Here's a list of the European-born players who have made the greatest impact on the Penguins, as ranked by Rob Rossi:
1. Jaromir Jagr, right winger -- Five scoring titles, two Stanley Cup titles, an MVP and an all-time mullet. Special props to his babysitter, Jiri Hrdina.
2. Ulf Samuelsson, defenseman -- Helped pave road to the Penguins' first Stanely Cup run that went through Boston and winger Cam Neely.
3. Anders Hakansson, left winger -- An Eddie Johnston special: Hakansson goes to Los Angeles in September 1983 for the rights to Kevin Stevens.
4. Darius Kasparaitis, defenseman -- Huge hits and a Game 7 overtime winner in 2001 East semifinals made up for his role in helping the Islanders upset the record-setting Pens in 1993.

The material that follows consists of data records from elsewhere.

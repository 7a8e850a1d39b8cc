//! Progress: what gets through a line that may lose, but not always.
ghost use Rattle.chorus_transport.specs.Rounds.{OneRoundBringsAll, FairLinesBringTheInput};

/// The law of progress, from any state that the two ends of a line may come to: after one round in which nothing is lost, all
/// that was put is delivered and acknowledged. In such a round the receiver delivers what is ready, the sender emits all that
/// it keeps, these emissions arrive, in any order and however often, with older ones between; the receiver delivers and
/// acknowledges, and the acknowledgement arrives.
pub fn one_round_brings_all()
    ensures { OneRoundBringsAll }
{}

/// The law of progress under fairness, for a line that loses, repeats and reorders by any rule that lets one round in n
/// through whole: of an input that is put as the window has room, n rounds bring a window more. So it is delivered and
/// acknowledged after n rounds for each window of it. What a rule that never lets a round through brings, nothing says.
pub fn fair_lines_bring_the_input()
    ensures { FairLinesBringTheInput }
{}
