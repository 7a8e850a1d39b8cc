//! The end that chunks are put into.
ghost use Rattle.std.specs.Prelude.{◌≡◌, ◌-◌, ◌^◌, ◌<◌, ◌≤◌, ◌↔◌, length, IsSome, IfOk, IfErr, OnOk, MatchResult, SomeIff, IsTrue};
ghost use Rattle.chorus_transport.specs.Window.{IsWindow};
ghost use Rattle.chorus_transport.specs.Sending.{new_sending, next_number, has_room, Refuses, after_put, emitted, answer_to, after_ack};

use crate::chunk::Chunk;
use crate::window_limit::is_window;
use std::alloc::{AllocError, AllocFailed, Global};
use std::collections::VecDeque;
use std::marker::Model;
use thiserror::Error;

/// Why a chunk was not put. It comes back with the refusal, and the sender is unchanged.
#[derive(Clone, Copy, Debug, PartialEq, Eq, Error)]
pub enum PutFault {
    /// As many chunks are kept as the window is wide: those from `base` to `next - 1`.
    #[error("the window is full, with {base} acknowledged and {next} put")]
    WindowFull { base: u64, next: u64 },
    /// There is no memory to keep it.
    #[error("out of memory")]
    Memory(AllocError),
}

/// What an acknowledgement did.
#[derive(Clone, Copy, Debug, PartialEq, Eq)]
pub enum Acked {
    /// It acknowledged this many chunks more, at least one.
    Moved { by: u64 },
    /// All that it acknowledges was acknowledged before.
    Old,
    /// It acknowledges what was never put.
    Beyond,
}

/// The end that chunks are put into. It keeps each until it is acknowledged, and at most as many as its window is wide.
#[derive(Drop)]
pub struct Sender {
    window: u16,
    base: u64,
    kept: VecDeque<Chunk>,
}

impl Model for Sender {
    ghost use Rattle.chorus_transport.specs.Sending.{Sending, IsInOrder};

    ghost Value = { Sending };

    ghost view = { λ s. record { window = s.window; base = s.base; kept = s.kept.items } };

    ghost invariant = { λ s. IsInOrder s.window s.base s.kept.items };
}

impl Sender {
    /// A sender that keeps at most `window` chunks; `None` exactly outside 1 to 64. Takes no memory.
    pub fn new(alloc: Global, window: u16) -> Option<Self>
        ensures { SomeIff result (IsWindow window) (new_sending window) }
    {
        if !is_window(window) {
            return None;
        }
        Some(Sender {
            window,
            base: 0,
            kept: VecDeque::new(alloc),
        })
    }

    /// How many chunks of the sender were acknowledged: the number of the first that is kept.
    pub fn base(&self) -> u64
        ensures { result ≡ self.now.base }
    {
        self.base
    }

    /// How many chunks were put into the sender: the number of the next.
    pub fn next(&self) -> u64
        ensures value { result ≡ next_number self.now }
        // It keeps at most a window of chunks.
        ensures kept { length self.now.kept ≤ self.now.window }
    {
        self.base + self.kept.len() as u64
    }

    /// Keeps a chunk under the number [`next`](Self::next), which is to be below 2^64 - 1.
    ///
    /// A refusal hands the chunk back and changes nothing.
    pub fn put(&mut self, chunk: Chunk) -> Result<(), (Chunk, PutFault)>
        requires { next_number self.old < 2 ^ 64 - 1 }
        ensures ok { OnOk result (self.new ≡ after_put self.old chunk) }
        ensures cause { MatchResult result (λ _. IsTrue (has_room self.old))
            (λ refusal. Refuses self.old refusal.1) }
        ensures err { IfErr result (λ refusal. (refusal.0 ≡ chunk) × (self.new ≡ self.old)) }
    {
        if self.kept.len() == self.window as usize {
            let full = PutFault::WindowFull {
                base: self.base,
                next: self.next(),
            };
            return Err((chunk, full));
        }
        match self.kept.push_back(chunk) {
            Ok(()) => Ok(()),
            Err(AllocFailed { value }) => Err((value, PutFault::Memory(AllocError))),
        }
    }

    /// A copy of the sender's chunk of that number; `None` exactly outside `base` to `next - 1`.
    pub fn emit(&self, alloc: Global, number: u64) -> Result<Option<Chunk>, AllocError>
        ensures copy { IfOk result (λ chunk. chunk ≡ emitted self.now number) }
        ensures range { IfOk result
            (λ chunk. IsSome chunk ↔ ((self.now.base ≤ number) × (number < next_number self.now))) }
    {
        if number < self.base {
            return Ok(None);
        }
        match self.kept.get((number - self.base) as usize) {
            Some(chunk) => Ok(Some(Chunk::new(alloc, chunk.bytes())?)),
            None => Ok(None),
        }
    }

    /// Takes the acknowledgement of all chunks below `upto`, and lets them go. Only `Moved` changes something.
    pub fn acked(&mut self, upto: u64) -> Acked
        ensures answer { result ≡ answer_to self.old upto }
        ensures after { self.new ≡ after_ack self.old upto }
    {
        if upto <= self.base {
            return Acked::Old;
        }
        let by = upto - self.base;
        if by > self.kept.len() as u64 {
            return Acked::Beyond;
        }
        self.kept.drain(..by as usize);
        self.base = upto;
        Acked::Moved { by }
    }
}
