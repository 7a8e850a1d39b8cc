//! The program over memory, case by case.
//!
//! Standard input has cases, each ended by `%`: a line of words, and behind it what they read. Each is done by [`start_program`] between a
//! source that holds that and a sink that takes one byte at a write. When the call has ended there come the line of [`ended`], the exit
//! status, how many bytes the sink holds, and these bytes; where the line begins with `digest` and all was done, only the digest of
//! them. So one stored run has words that run threads, words that are none, a text that is refused, and two hundred drawn races, beside an
//! explorer that was written anew from the rules (`scripts/explorer`).
//!
//! Behind the cases it is the program itself, where it was given words: these find standard input at its end. So the stored run, with
//! `replay`, shows that of a process too which ends with a status that is not 0.
//!
//! Where there was no memory before a call, or what it left could not be printed, the exit status is another one, so that neither is taken
//! for an end of the call. Behind a call nothing takes memory before the next case. `bench/fail_allocations --in-memory` gives one case,
//! refuses its allocations in turn, and compares.

#![tactic(auto)]

mod digest;

use crate::digest::{digest_of, say_number};
use chorus_io::{
    Failed, MemSink, MemSource, Sink, Source, StdSink, StdSource, read_all, write_all,
};
use chorus_program::{Verdict, ended, process, start_program};
use chorus_show::Status;
use std::alloc::Global;
use std::env;
use std::process::ExitCode;
use std::sync::Wait;
use std::thread::Threads;

/// The exit status where a call did not begin.
const NOT_BEGUN: u8 = 64;

/// The exit status where it could not be said how a call ended.
const NOT_SAID: u8 = 65;

/// How the call of a case ended, what was found, what it wrote, and whether only a digest of that is printed.
#[derive(Drop)]
struct Called {
    status: Status,
    verdict: Option<Verdict>,
    sink: MemSink,
    is_digest: bool,
}

/// Does the cases of standard input in memory; when all were done and words were given, runs the program too.
fn main(rt: HostRuntime) -> ExitCode {
    let number = run(&rt, &rt);
    if number == 0 && has_words(&rt) {
        return process(&rt, &rt);
    }
    ExitCode::from(number)
}

/// Whether the process was given words, beside the cases of standard input.
fn has_words(host: &HostRuntime) -> bool {
    match env::args(host) {
        Ok(mut words) => words.nth(1).is_some(),
        Err(_) => false,
    }
}

/// Does the cases of standard input. Gives the exit status. The runtime is given twice, since only `main` has its leave to start threads
/// and to wait.
fn run<R: Threads + Wait + Sync>(host: &HostRuntime, rt: &R) -> u8 {
    let alloc = host.alloc();
    let Ok(input) = read_all(alloc, &mut StdSource::new(host.stdin()), usize::MAX) else {
        return NOT_BEGUN;
    };
    let mut output = StdSink::new(host.stdout());
    for case in input.split(|byte| *byte == b'%') {
        let case = case.strip_prefix(b"\n").unwrap_or(case);
        if !case.is_empty() {
            let Some(called) = call_of(rt, alloc, case) else {
                return NOT_BEGUN;
            };
            if say(&called, &mut output).is_err() {
                return NOT_SAID;
            }
        }
    }
    0
}

/// The call of a case of standard input, done in memory. None where it did not begin.
fn call_of<R: Threads + Wait + Sync>(rt: &R, alloc: Global, case: &[u8]) -> Option<Called> {
    let end = case.iter().position(|byte| *byte == b'\n')?;
    let line = String::from_utf8(Vec::from_slice(alloc, &case[..end]).ok()?).ok()?;
    let is_digest = line.as_str().starts_with("digest ");
    let front = if is_digest { 1 } else { 0 };
    let words: Vec<&str> = line.as_str().split(" ").skip(front).collect(alloc).ok()?;
    let input = Vec::from_slice(alloc, &case[end + 1..]).ok()?;
    let mut source = MemSource::new(input, Vec::new(alloc));
    let mut sink = MemSink::new(alloc, 1, Vec::new(alloc));
    let (status, verdict) = call(rt, alloc, &words, &mut source, &mut sink);
    Some(Called {
        status,
        verdict,
        sink,
        is_digest,
    })
}

/// Does the words of a case between the source and the sink, and gives how that ended.
fn call<R: Threads + Wait + Sync, S: Source, K: Sink>(
    rt: &R,
    alloc: Global,
    words: &[&str],
    source: &mut S,
    sink: &mut K,
) -> (Status, Option<Verdict>) {
    let end = start_program(alloc, rt, words, source, sink);
    (end.finished.status, end.verdict)
}

/// Prints how the call of a case ended, and what its sink holds or the digest of that.
fn say<K: Sink>(called: &Called, output: &mut K) -> Result<(), Failed> {
    let held = called.sink.bytes();
    if called.is_digest && called.status == Status::Done {
        return digest_of(held).say(output);
    }
    let number = ended(called.status, called.verdict, output);
    say_number(b"status ", u64::from(number), output)?;
    say_number(b" with ", held.len() as u64, output)?;
    write_all(output, b" bytes\n")?;
    write_all(output, held)
}
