//! Bytes carried from one end to the other.

ghost use Rattle.std.specs.Prelude.{◌≡◌, IfOk, OnOk, OnErr};
ghost use Rattle.chorus_transport.specs.Sending.{next_number};
ghost use Rattle.chorus_transport.specs.Receiving.{ack_of};
ghost use Rattle.chorus_lossy.specs.declared.line.TheConstants.{WINDOW};
ghost use Rattle.chorus_lossy.specs.Line.{chunk_count, ends, new_ends};
ghost use Rattle.chorus_lossy.specs.Carrying.{IsCarried, IsWithin};

use crate::rounds::{Run, play};
use chorus_transport::{Receiver, Sender};
use std::alloc::{AllocError, Global};

/// What was carried.
#[derive(Debug, Drop)]
pub struct Carried {
    /// The bytes that were delivered.
    pub delivered: Vec<u8>,
    /// How often a chunk was emitted.
    pub emitted: u64,
    /// How often a chunk or an acknowledgement was lost.
    pub lost: u64,
}

/// Carries the bytes over the two ends, which were just made with a window of [`WINDOW`](crate::WINDOW), in chunks of
/// [`CHUNK_BYTES`](crate::CHUNK_BYTES), the last one shorter. The draws begin with the first state.
///
/// It ends within four rounds for each window of chunks, whatever the draws. The only error is want of memory. It leaves the
/// ends as they are after a first part of what happens in the run.
pub fn carry(
    alloc: Global,
    first: u64,
    bytes: &[u8],
    sender: &mut Sender,
    receiver: &mut Receiver,
) -> Result<Carried, AllocError>
    requires { ends sender.old receiver.old ≡ new_ends }
    ensures delivered { IfOk result (λ carried. carried.delivered.items ≡ bytes.now) }
    ensures carried { IfOk result (λ carried.
        IsCarried first bytes.now carried.emitted carried.lost (ends sender.new receiver.new)) }
    ensures put { OnOk result (next_number sender.new ≡ chunk_count bytes.now) }
    ensures acknowledged { OnOk result (ack_of receiver.new ≡ chunk_count bytes.now) }
    ensures memory { OnErr result (IsWithin first bytes.now (ends sender.new receiver.new)) }
{
    let mut run = Run::new(alloc, first);
    let mut round = 1;
    while run.delivered.len() != bytes.len() {
        play(alloc, bytes, round, &mut run, sender, receiver)?;
        round += 1;
    }
    Ok(run.carried())
}
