//! What is carried: some bytes.
ghost use Rattle.std.specs.Prelude.{◌≡◌, ℕ, List, IfOk};

use std::alloc::{AllocError, Global};
use std::marker::Model;

/// Bytes that are carried as one.
#[derive(Drop)]
pub struct Chunk {
    bytes: Vec<u8>,
}

// Clauses see the bytes.
impl Model for Chunk {
    ghost Value = { List ℕ };

    ghost view = { λ c. c.bytes.items };
}

impl Chunk {
    /// A chunk with these bytes.
    pub fn new(alloc: Global, bytes: &[u8]) -> Result<Self, AllocError>
        ensures { IfOk result (λ chunk. chunk ≡ bytes.now) }
    {
        Ok(Chunk {
            bytes: Vec::from_slice(alloc, bytes)?,
        })
    }

    /// The bytes of the chunk.
    pub fn bytes(&self) -> &[u8]
        ensures { result.now ≡ self.now }
    {
        &self.bytes
    }
}
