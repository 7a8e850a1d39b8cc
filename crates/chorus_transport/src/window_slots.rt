//! A window's places, from the next number on: a chunk, or none so far.
ghost use Rattle.std.specs.Prelude.{◌≡◌, ◌-◌, ◌≤◌, ◌++◌, length, replicate, is_some, slice_index_or, OnOk, OnErr};
ghost use Rattle.std.specs.List.{prefix_len};

use crate::chunk::Chunk;
use std::alloc::AllocError;
use std::collections::VecDeque;

pub(crate) type Places = VecDeque<Option<Chunk>>;

/// Whether a chunk is at this place of the window.
pub(crate) fn is_filled(places: &Places, at: usize) -> bool
    ensures { result ≡ is_some (slice_index_or places.now.items at None) }
{
    at < places.len() && places[at].is_some()
}

/// How many places of the window from the front on are filled, where at least `from` are. Over a receiver's life each
/// chunk is passed over once.
pub(crate) fn filled(places: &Places, from: usize) -> usize
    requires { from ≤ prefix_len is_some places.now.items }
    ensures { result ≡ prefix_len is_some places.now.items }
{
    let mut ready = from;
    while is_filled(places, ready) {
        ready += 1;
    }
    ready
}

/// Adds empty places to the window until there are `len`, unless there are.
pub(crate) fn widen(places: &mut Places, len: usize) -> Result<(), AllocError>
    ensures ok { OnOk result
        (places.new.items ≡ places.old.items ++ replicate (len - length places.old.items) None) }
    ensures err { OnErr result (places.new.items ≡ places.old.items) }
{
    let missing = len.saturating_sub(places.len());
    places.reserve(missing)?;
    for _ in 0..missing {
        places.push_back_reserved(None);
    }
    Ok(())
}
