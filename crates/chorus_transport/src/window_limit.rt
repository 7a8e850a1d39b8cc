//! How wide a window may be.
ghost use Rattle.std.specs.Prelude.{◌↔◌, IsTrue};
ghost use Rattle.chorus_transport.specs.Window.{IsWindow};

/// The widest window, in chunks. The narrowest is 1.
const WIDEST: u16 = 64;

/// Whether so many chunks are a window that a transport may have: 1 to 64.
pub(crate) fn is_window(chunks: u16) -> bool
    ensures { IsTrue result ↔ IsWindow chunks }
{
    1 <= chunks && chunks <= WIDEST
}
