//! What a source gives, carried, and what came of it printed.

ghost use Rattle.std.specs.Prelude.{◌≡◌, ◌≢◌, ◌++◌, List, ℕ, IfOk, OnOk, OnErr};
ghost use Rattle.chorus_io.specs.Count.{Rose};
ghost use Rattle.chorus_lossy.specs.Line.{ends, new_ends};
ghost use Rattle.chorus_lossy.specs.Carrying.{IsWithin};
ghost use Rattle.chorus_lossy.specs.Output.{HasCarried, Leaves, Prints, ReadsBy, lossy_text, text_with, wire_line};

use crate::carrying::{Carried, carry};
use chorus_input::read_input;
use chorus_io::{ReadAll, Sink, Source, write_all};
use chorus_show::Status;
use chorus_transport::{Receiver, Sender};
use chorus_ui::push_decimal;
use std::alloc::{AllocError, Global};

/// The most bytes of an input that is carried.
pub const INPUT_LIMIT: usize = 4_194_304;

/// Reads the source to its end, carries its bytes by [`carry`] over the two ends, which were just made with a window of
/// [`WINDOW`](crate::WINDOW), and writes what was delivered, LF, and the line `wire EMITTED LOST` with what was counted.
///
/// Where the input has more than [`INPUT_LIMIT`] bytes, which is [`Status::TOO_LONG`], or a read fails, the ends are as they were
/// made. Where there is no memory they stand as [`carry`] says.
pub fn lossy<S: Source, K: Sink>(
    alloc: Global,
    first: u64,
    source: &mut S,
    sink: &mut K,
    sender: &mut Sender,
    receiver: &mut Receiver,
) -> Status
    requires { ends sender.old receiver.old ≡ new_ends }
    // Why it ended. Want of memory is the one free answer, and hides no read fault.
    ensures read_fault { result ≡ Status.ReadFault →
        Rose (S.faults source.old) (S.faults source.new) }
    ensures steady { result ≡ Status.Memory → S.faults source.new ≡ S.faults source.old }
    ensures reliable { S.reliable source.old → S.faults source.new ≡ S.faults source.old }
    ensures write_fault { result ≡ Status.WriteFault →
        Rose (K.faults sink.old) (K.faults sink.new) }

    // What it did with the bytes that it read.
    ensures carries { (bytes : List ℕ)
        × ReadsBy result bytes (S.left source.old) (S.left source.new)
        × Prints first result bytes (K.held sink.old) (K.held sink.new)
        × Leaves first result bytes (ends sender.new receiver.new) }
    ensures unwritten { result ≢ Status.Done → result ≢ Status.WriteFault → sink.new ≡ sink.old }
{
    let bytes = match read_input(alloc, source, INPUT_LIMIT) {
        Ok(bytes) => bytes,
        Err(ReadAll::Fault) => return Status::ReadFault,
        Err(ReadAll::TooLong) => return Status::TOO_LONG,
        Err(ReadAll::Memory(_)) => return Status::Memory,
    };
    let Ok(text) = carried_text(alloc, first, &bytes, sender, receiver) else {
        return Status::Memory;
    };
    match write_all(sink, &text) {
        Ok(()) => Status::Done,
        Err(_) => Status::WriteFault,
    }
}

/// Carries the bytes, and gives the text that is printed of what came of it.
fn carried_text(
    alloc: Global,
    first: u64,
    bytes: &[u8],
    sender: &mut Sender,
    receiver: &mut Receiver,
) -> Result<Vec<u8>, AllocError>
    requires { ends sender.old receiver.old ≡ new_ends }
    ensures text { IfOk result (λ text. text.items ≡ lossy_text first bytes.now) }
    ensures carried { OnOk result (HasCarried first bytes.now (ends sender.new receiver.new)) }
    ensures memory { OnErr result (IsWithin first bytes.now (ends sender.new receiver.new)) }
{
    let carried = carry(alloc, first, bytes, sender, receiver)?;
    text_of(carried)
}

/// The text that is printed of what was carried: the bytes, LF, and the line `wire EMITTED LOST`.
fn text_of(carried: Carried) -> Result<Vec<u8>, AllocError>
    ensures { IfOk result (λ text.
        text.items ≡ text_with carried.delivered.items carried.emitted carried.lost) }
{
    let mut text = carried.delivered;
    text.push(b'\n')?;
    push_wire(carried.emitted, carried.lost, &mut text)?;
    Ok(text)
}

/// Appends the line `wire EMITTED LOST`. After an error a part of it may stand there.
fn push_wire(emitted: u64, lost: u64, out: &mut Vec<u8>) -> Result<(), AllocError>
    ensures { OnOk result (out.new.items ≡ out.old.items ++ wire_line emitted lost) }
{
    out.extend_from_slice(b"wire ")?;
    push_decimal(emitted, out)?;
    out.push(b' ')?;
    push_decimal(lost, out)?;
    out.push(b'\n')?;
    Ok(())
}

5. Marian Hossa, right winger -- Made such an impact over three months in Pittsburgh that fans may talk of his stunning departure for the next three years.
Where they at?
The Trib is keeping tabs on former Penguins:
This week: Right winger Jaromir Jagr
Currently: Omsk Avangard (Continental Hockey League); 12 goals, 13 assists, 25 points in 18 games through Thursday
Pittsburgh past: 1990-2001; 439 goals, 640 assists, 1,079 points in 806 regular-season games
Notable: Five-time scoring champion (1994-95, 1997-98 to 2000-01), MVP (1998-99), team captain (1998-2001).
Jagr's point production over the years:
What's on deck
The week ahead for the Penguins:
Penguins at Sharks
TV: FSN Pittsburgh (HD)
Penguins at Coyotes
TV: FSN Pittsburgh (HD)
Penguins at Blues
TV: FSN Pittsburgh (HD)
NHL GAME OF THE WEEK:
Thursday · 10:30 p.m.
Red Wings at Sharks
· Is this an early Western Conference final preview• The Sharks want what the Red Wings own, the Stanley Cup.